# DT vs. Sapim



## fastmb (Oct 5, 2008)

buying for an upcoming wheel build. i would like some Epinions on the difference between these two manufactures. will be using an aero 20 hole radial lacing up front and a 2.0/1.5/2.0 28 hole 3x in the rear. thanks for your help. R


----------



## ergott (Feb 26, 2006)

The differences between the two do not matter. Go with the better price.

-Eric


----------



## cdhbrad (Feb 18, 2003)

The differences between the two do not matter. Go with the better price. 
-Eric[/QUOTE]


+1 on the price. I have similar wheels built with DT Aerolites and Sapim CXrays......if I didn't know they were different, I would never be able to tell from they way they look, performance, durability, etc. Sapims are considerably cheaper when comparing these two spokes. For other comparisons, like a DT Revolution vs.
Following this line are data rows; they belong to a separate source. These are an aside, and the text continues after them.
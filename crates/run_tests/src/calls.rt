//! Runs of scripts over a database file, and the replies that each line has to have.

ghost use Rattle.std.specs.Prelude.{◌≡◌, ◌<◌};

use core_runs::add_driver;
use db_commands::Status;
use db_text::parse;
use db_writer::layout;
use radio_drv::{FailingDriver, SimDriver};
use reg_base::{Bytes, Files, MemFiles, MemSink, Sink, Source, StdSource};
use reg_core::Drivers;
use script_run::run;
use std::alloc::Global;
use std::process::Abort;
use std::str::from_utf8;
use std::test::Fail;

/// The name of the database file.
pub const NAME: &str = "regulatory.db";

/// More than the replies of these tests have.
pub const ROOM: usize = 4096;

/// The world, and a country with radar channels.
pub const RULES: &[u8] = b"country 00:
\t(2402 - 2472 @ 40), (20)
\t(5170 - 5250 @ 80), (20), NO-IR, AUTO-BW
\t(5250 - 5330 @ 80), (20), NO-IR, DFS, AUTO-BW
country US: DFS-FCC
\t(2400 - 2472 @ 40), (30)
\t(5150 - 5250 @ 80), (23), AUTO-BW
\t(5250 - 5350 @ 80), (24), DFS, AUTO-BW
";

/// A script over the database of a text.
pub struct Case<'a> {
    /// What it shows.
    pub name: &'a str,
    /// The rule text.
    pub text: &'a [u8],
    /// The calls at which the first driver fails.
    pub failing: &'a [u64],
    /// How often it failed by the end, and `None` where its radio was removed.
    pub faults: Option<u64>,
    /// A line of the script behind `> `, and the lines of its reply below it.
    pub transcript: &'a [u8],
}

/// A copy of the bytes.
pub fn bytes(alloc: Global, given: &[u8]) -> Result<Bytes, Fail> {
    let mut bytes = Bytes::new(alloc);
    bytes.append(given)?;
    Ok(bytes)
}

/// The file of the database that the text stands for.
pub fn database(alloc: Global, text: &[u8]) -> Result<Bytes, Fail> {
    let db = parse(alloc, text)?;
    let file = layout(alloc, &db)?;
    Ok(file)
}

/// What `run` ends with over eight drivers, of which the first fails at the listed calls; and how often
/// that one failed, where it is still there.
pub fn call<F: Files, S: Source, K: Sink>(
    alloc: Global,
    failing: &[u64],
    files: &mut F,
    input: &mut S,
    out: &mut K,
) -> Result<(Status, Option<u64>), Fail> {
    let mut drivers: Drivers = Vec::new(alloc);
    let first = FailingDriver::new(alloc, failing)?;
    add_driver(&mut drivers, Box::new(alloc, first)?)?;
    add_driver(&mut drivers, Box::new(alloc, SimDriver::new())?)?;
    add_driver(&mut drivers, Box::new(alloc, SimDriver::new())?)?;
    add_driver(&mut drivers, Box::new(alloc, SimDriver::new())?)?;
    add_driver(&mut drivers, Box::new(alloc, SimDriver::new())?)?;
    add_driver(&mut drivers, Box::new(alloc, SimDriver::new())?)?;
    add_driver(&mut drivers, Box::new(alloc, SimDriver::new())?)?;
    add_driver(&mut drivers, Box::new(alloc, SimDriver::new())?)?;
    let status = run(alloc, NAME, files, input, out, &mut drivers);
    let faults = match drivers.as_slice() {
        [Some(driver), ..] => Some(driver.faults()),
        _ => None,
    };
    Ok((status, faults))
}

/// The script of a transcript.
fn script_of(alloc: Global, transcript: &[u8]) -> Result<Bytes, Fail> {
    let mut script = Bytes::new(alloc);
    for line in transcript.split(|byte| *byte == b'\n') {
        if let Some(asked) = line.strip_prefix(b"> ") {
            script.append(asked)?;
            script.push(b'\n')?;
        }
    }
    Ok(script)
}

/// Each script is answered line by line.
pub fn replies(rt: &impl Abort, alloc: Global, cases: &[Case<'_>]) -> Result<(), Fail> {
    for case in cases {
        let mut files = MemFiles::new(alloc, NAME, database(alloc, case.text)?)?;
        let script = script_of(alloc, case.transcript)?;
        let mut input = StdSource::new(script.as_slice());
        let mut out = MemSink::new(alloc, ROOM)?;
        let (status, faults) = call(alloc, case.failing, &mut files, &mut input, &mut out)?;
        assert!(rt; status == Status::Done, "{}", case.name);
        assert!(rt; faults == case.faults, "{}", case.name);
        stand_in_order(rt, case.name, out.written(), case.transcript);
    }
    Ok(())
}

/// The bytes are the replies of the transcript, one behind the other.
fn stand_in_order(rt: &impl Abort, name: &str, written: &[u8], transcript: &[u8]) {
    let mut asked: &[u8] = b"";
    let mut left = written;
    for line in transcript.split(|byte| *byte == b'\n') {
        if line.is_empty() || line.starts_with(b"> ") {
            asked = line;
            continue;
        }
        let rest = after_line(left, line);
        assert!(rt; rest.is_some(), "{name}: {}", shown(asked));
        left = rest.unwrap_or(b"");
    }
    assert!(rt; left.is_empty(), "{name}: behind the last line");
}

/// The line as text.
fn shown(line: &[u8]) -> &str {
    from_utf8(line).unwrap_or("")
}

/// What stands behind this line, where it stands first.
fn after_line<'a>(bytes: &'a [u8], line: &[u8]) -> Option<&'a [u8]> {
    bytes.strip_prefix(line)?.strip_prefix(b"\n")
}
Sapim Laser, the pricing doesn't seem to be that much different betwen the companies.


----------



## GR68 (Feb 4, 2008)

When I lived in Belgium I built with Sapim - and drank Belgium beer :thumbsup: . Was not surpisingly hard to find DT Swiss spokes in Belgium.

Now I live in Switzerland and build with DT Swiss - and still drink Belgian beer. I get a great price on spokes as have a contact in the DT Factory 

*But even if I knew i guy in the swiss brewery I would still drink Belgian beer.
*
Both Sapim and DT spokes are good high quality products, i think you would have a problem telling the difference riding the equivelent product.


----------



## hppy4u (Sep 15, 2002)

If you are debating on the DT aerolites or Sapim CX Rays for the front wheel I would opt for the Aerolites only because the slightly larger diameter of the J-bend seem to fit a little more snug in some hubs (just something I've experienced over the years). You could always use washers but it's nice not having to resort to them...at the very least out of convenience. 
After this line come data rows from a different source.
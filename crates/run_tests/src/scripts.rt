//! Scripts over databases, and the replies that each line has to have, worked out by hand from the rules.

use crate::calls::{Case, RULES, replies};
use crate::refusals::REFUSED;
use crate::swept::SWEPT;
use std::test::Fail;

const ANSWERED: [Case<'_>; 8] = [
    Case {
        name: "starts follow the rules of the country",
        text: RULES,
        failing: &[],
        faults: Some(0),
        transcript: b"> radio add phy0 bands 2,5 width 160 radar 160 power 3000 contexts 2
ok
> iw phy phy0 interface add ap0 type __ap
ok
> iw dev ap0 ap start home 5180 100 2
refused: NO-IR 5180
> iw dev ap0 ap start home 2467 100 2
refused: no rule 2467
> iw dev ap0 ap start home 2412 100 2
started 2000
> iw dev ap0 ap start home 2412 100 2
refused: busy
> iw reg set US
hint replaced
\tpower ap0 3000
> iw dev ap0 ap stop
ok
> iw reg set US
hint already set
> iw reg set FR
refused: no country FR
> iw dev ap0 ap start home 5260 100 2
refused: unchecked 5260
> iw dev ap0 ap start home 2413 100 2
refused: bad channel
> iw dev ap0 ap start home 5180 100 2
started 2300
> iw reg fly
line fault: unknown word 3
",
    },
    Case {
        name: "a database without countries has the rules of the world",
        text: b"",
        failing: &[],
        faults: Some(0),
        transcript: b"> radio add phy0 bands 2,5 width 160 radar 160 power 3000 contexts 2
ok
> iw phy phy0 interface add ap0 type __ap
ok
> iw dev ap0 ap start home 2467 100 2
refused: no rule 2467
> iw dev ap0 ap start home 2412 100 2
started 2000
",
    },
    Case {
        name: "moments go on and are not too large",
        text: RULES,
        failing: &[],
        faults: Some(0),
        transcript: b"> at 5
ok
> at 4
refused: moment back 5
> at 5
ok
> at 1000000000000000
ok
> at 1000000000000001
refused: moment too large 1000000000000001
",
    },
    // What came before the moment goes on, and radios come at any moment.
    Case {
        name: "a radio may come after a moment",
        text: RULES,
        failing: &[],
        faults: Some(0),
        transcript: b"> at 60000
ok
> radio add phy0 bands 2,5 width 160 radar 160 power 3000 contexts 2
ok
> iw phy phy0 interface add ap0 type __ap
ok
> iw dev ap0 ap start home 2412 100 2
started 2000
> at 59999
refused: moment back 60000
> at 120000
ok
> iw dev ap0 ap start home 2412 100 2
refused: busy
> radio add phy7 bands 2 width 20 radar 0 power 500 contexts 1
ok
> iw phy phy7 interface add ap7 type __ap
ok
> iw dev ap7 ap start home 2412 100 2
started 500
> iw dev ap0 ap stop
ok
",
    },
    // Each radio has bands, a power, contexts and a driver of its own. The first one's driver fails once.
    Case {
        name: "two radios stand apart",
        text: RULES,
        failing: &[1],
        faults: Some(1),
        transcript: b"> radio add phy0 bands 2 width 20 radar 0 power 1500 contexts 1
ok
> radio add phy1 bands 5 width 80 radar 80 power 3000 contexts 1
ok
> iw phy phy0 interface add ap0 type __ap
ok
> iw phy phy1 interface add ap1 type __ap
ok
> iw reg set US
hint replaced
> iw dev ap1 ap start home 2412 100 2
refused: radio lacks 2412
> iw dev ap1 ap start home 5180 100 2
started 2300
> iw dev ap0 ap start home 5180 100 2
refused: radio lacks 5180
> iw dev ap0 ap start home 2412 100 2
refused: driver failed
> iw dev ap0 ap start home 2412 100 2
started 1500
> iw dev ap1 ap stop
ok
> iw dev ap0 ap start home 2412 100 2
refused: busy
> iw dev ap1 ap stop
refused: not running
> iw dev ap1 ap start home 5200 100 2
started 2300
",
    },
    // The start that failed left nothing on air, so the next one isn't refused as busy.
    Case {
        name: "a start that its driver fails changes nothing",
        text: RULES,
        failing: &[1],
        faults: Some(1),
        transcript: b"> radio add phy0 bands 2,5 width 160 radar 160 power 3000 contexts 2
ok
> iw phy phy0 interface add ap0 type __ap
ok
> iw dev ap0 ap start home 2412 100 2
refused: driver failed
> iw dev ap0 ap start home 2412 100 2
started 2000
> iw dev ap0 ap start home 2412 100 2
refused: busy
",
    },
    Case {
        name: "a check that its driver fails doesn't begin",
        text: RULES,
        failing: &[1],
        faults: Some(1),
        transcript: b"> radio add phy0 bands 2,5 width 160 radar 160 power 3000 contexts 2
ok
> iw phy phy0 interface add ap0 type __ap
ok
> iw reg set US
hint replaced
> iw dev ap0 cac trigger freq 5260
refused: driver failed
> iw dev ap0 info
ap0 1 phy0 __ap
\ttxpower auto
\tidle
> iw dev ap0 cac trigger freq 5260
checking 60000
",
    },
    Case {
        name: "lines that ask nothing have no reply",
        text: RULES,
        failing: &[],
        faults: Some(0),
        transcript: b"> 
> # a radio
> radio add phy0 bands 2,5 width 160 radar 160 power 3000 contexts 2
ok
>  \t 
> \t#
> at x
line fault: bad number word 2
> at 5\r
line fault: not ascii
>   at\t5  
ok
",
    },
];

#[test]
fn scripts_have_their_replies(rt: HostRuntime) -> Result<(), Fail> {
    replies(&rt, rt.alloc(), &ANSWERED)?;
    replies(&rt, rt.alloc(), &REFUSED)?;
    replies(&rt, rt.alloc(), &SWEPT)
}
But in terms of brands I have always liked the DTs but I've just been unlucky with the Sapims (was breaking a number of spokes on my rear wheel-could have been a bad batch).


----------



## cxwrench (Nov 9, 2004)

hppy4u said:


> If you are debating on the DT aerolites or Sapim CX Rays for the front wheel I would opt for the Aerolites only because the slightly larger diameter of the J-bend seem to fit a little more snug in some hubs (just something I've experienced over the years). You could always use washers but it's nice not having to resort to them...at the very least out of convenience.
> 
> But in terms of brands I have always liked the DTs but I've just been unlucky with the Sapims (was breaking a number of spokes on my rear wheel-could have been a bad batch).
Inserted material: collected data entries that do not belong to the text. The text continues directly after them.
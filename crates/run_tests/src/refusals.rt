//! Lines that are refused, each for its cause. The replies are worked out by hand from the rules.

use crate::calls::{Case, RULES};

/// Rules of a country with little width, and of one that permits nobody to operate outdoors.
const NARROW: &[u8] = b"country 00:
\t(2402 - 2472 @ 10), (20)
\t(5170 - 5250 @ 80), (20), NO-OUTDOOR
\t(5250 - 5330 @ 80), (20), DFS
";

/// Scripts with lines that are refused.
pub const REFUSED: [Case<'_>; 6] = [
    // A radio's number is taken once; an interface stands on a radio that was added.
    Case {
        name: "radios are added once",
        text: RULES,
        failing: &[],
        faults: Some(0),
        transcript: b"> iw phy phy0 interface add ap0 type __ap
refused: no radio phy0
> radio add phy0 bands 2,5 width 160 radar 160 power 3000 contexts 2
ok
> radio add phy0 bands 2,5 width 160 radar 160 power 3000 contexts 2
refused: slot used phy0
> radio add phy0 bands 2 width 20 radar 0 power 2000 contexts 1
refused: slot used phy0
> iw phy phy7 interface add ap0 type __ap
refused: no radio phy7
",
    },
    // Names are those of all radios. A ninth interface of a radio is refused, and first for its name.
    Case {
        name: "a radio has eight interfaces",
        text: RULES,
        failing: &[],
        faults: Some(0),
        transcript: b"> radio add phy0 bands 2,5 width 160 radar 160 power 3000 contexts 2
ok
> radio add phy1 bands 2 width 20 radar 0 power 2000 contexts 1
ok
> iw phy phy0 interface add a type __ap
ok
> iw phy phy0 interface add a type __ap
refused: name taken a
> iw phy phy1 interface add a type __ap
refused: name taken a
> iw phy phy0 interface add b type __ap
ok
> iw phy phy0 interface add c type __ap
ok
> iw phy phy0 interface add d type __ap
ok
> iw phy phy0 interface add e type __ap
ok
> iw phy phy0 interface add f type __ap
ok
> iw phy phy0 interface add g type __ap
ok
> iw phy phy0 interface add h type __ap
ok
> iw phy phy0 interface add i type __ap
refused: full
> iw phy phy0 interface add h type __ap
refused: name taken h
> iw phy phy1 interface add i type __ap
ok
",
    },
    // An interface that isn't there comes before a channel that is none.
    Case {
        name: "only an interface that runs is stopped",
        text: RULES,
        failing: &[],
        faults: Some(0),
        transcript: b"> iw dev ap0 ap start home 2412 100 2
refused: no interface ap0
> iw dev ap0 ap start home 2413 100 2
refused: no interface ap0
> iw dev ap0 ap stop
refused: no interface ap0
> radio add phy0 bands 2,5 width 160 radar 160 power 3000 contexts 2
ok
> iw phy phy0 interface add ap0 type __ap
ok
> iw dev ap0 ap stop
refused: not running
> iw dev ap0 ap start home 2412 100 2
started 2000
> iw dev ap1 ap stop
refused: no interface ap1
> iw dev ap0 ap stop
ok
> iw dev ap0 ap stop
refused: not running
",
    },
    // What the radio lacks comes before what the rules forbid: 2467 and 5955 MHz have no rule.
    Case {
        name: "a radio lacks channels and contexts",
        text: RULES,
        failing: &[],
        faults: Some(0),
        transcript: b"> radio add phy0 bands 2 width 20 radar 0 power 3000 contexts 1
ok
> iw phy phy0 interface add ap0 type __ap
ok
> iw phy phy0 interface add ap1 type __ap
ok
> iw dev ap0 ap start home 5180 100 2
refused: radio lacks 5180
> iw dev ap0 ap start home 5955 100 2
refused: radio lacks 5955
> iw dev ap0 ap start home 2412 100 2
started 2000
> iw dev ap1 ap start home 2437 100 2
refused: radio lacks context 1
> iw dev ap1 ap start home 2467 100 2
refused: radio lacks context 1
> # both on one channel
> iw dev ap1 ap start home 2412 100 2
started 2000
> iw dev ap0 ap stop
ok
> iw dev ap0 ap start home 2437 100 2
refused: radio lacks context 1
> iw dev ap1 ap stop
ok
> iw dev ap0 ap start home 2437 100 2
started 2000
",
    },
    // A rule of 10 MHz, one for indoors alone, and one with DFS.
    Case {
        name: "rules forbid channels",
        text: NARROW,
        failing: &[],
        faults: Some(0),
        transcript: b"> radio add phy0 bands 2,5 width 20 radar 0 power 3000 contexts 8
ok
> radio add phy1 bands 2,5 width 20 radar 20 power 3000 contexts 8
ok
> iw phy phy0 interface add ap0 type __ap
ok
> iw phy phy1 interface add ap1 type __ap
ok
> iw dev ap0 ap start home 2412 100 2
refused: width 2412
> iw dev ap0 ap start home 5180 100 2
refused: NO-OUTDOOR 5180
> iw dev ap0 ap start home 5260 100 2
refused: radio lacks radar width 20
> iw dev ap1 ap start home 5260 100 2
refused: unchecked 5260
> iw dev ap0 ap start home 5500 100 2
refused: no rule 5500
",
    },
    // A hint for the country that the list has alone changes nothing, so it is taken while something runs.
    Case {
        name: "hints may be set already",
        text: RULES,
        failing: &[],
        faults: Some(0),
        transcript: b"> iw reg set 00
hint already set
> iw reg set US
hint replaced
> iw reg set US
hint already set
> radio add phy0 bands 2,5 width 160 radar 160 power 3000 contexts 2
ok
> iw phy phy0 interface add ap0 type __ap
ok
> iw dev ap0 ap start home 5180 100 2
started 2300
> iw reg set US
hint already set
> iw reg set FR
refused: no country FR
> iw dev ap0 ap start home 5180 100 2
refused: busy
> iw reg set 00
hint replaced
\tstopped ap0
> iw dev ap0 ap stop
refused: not running
> iw dev ap0 ap start home 5180 100 2
refused: NO-IR 5180
",
    },
];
we noticed that same thing happening a lot last year. we had been using CX Rays exclusively for wheels spec'd w/ that type of spoke. we had a lot (at least 2 dozen wheels affected) and have now switched to Aerolites. not a single breakage yet. i would still build w/ Sapim if someone wanted them, it was most likely a bad 'batch' of some type, but i really like the DT spokes, and you can get them in colors now :thumbsup:


----------



## vortechcoupe (Jun 6, 2006)

DT spokes have a smoother butting.


----------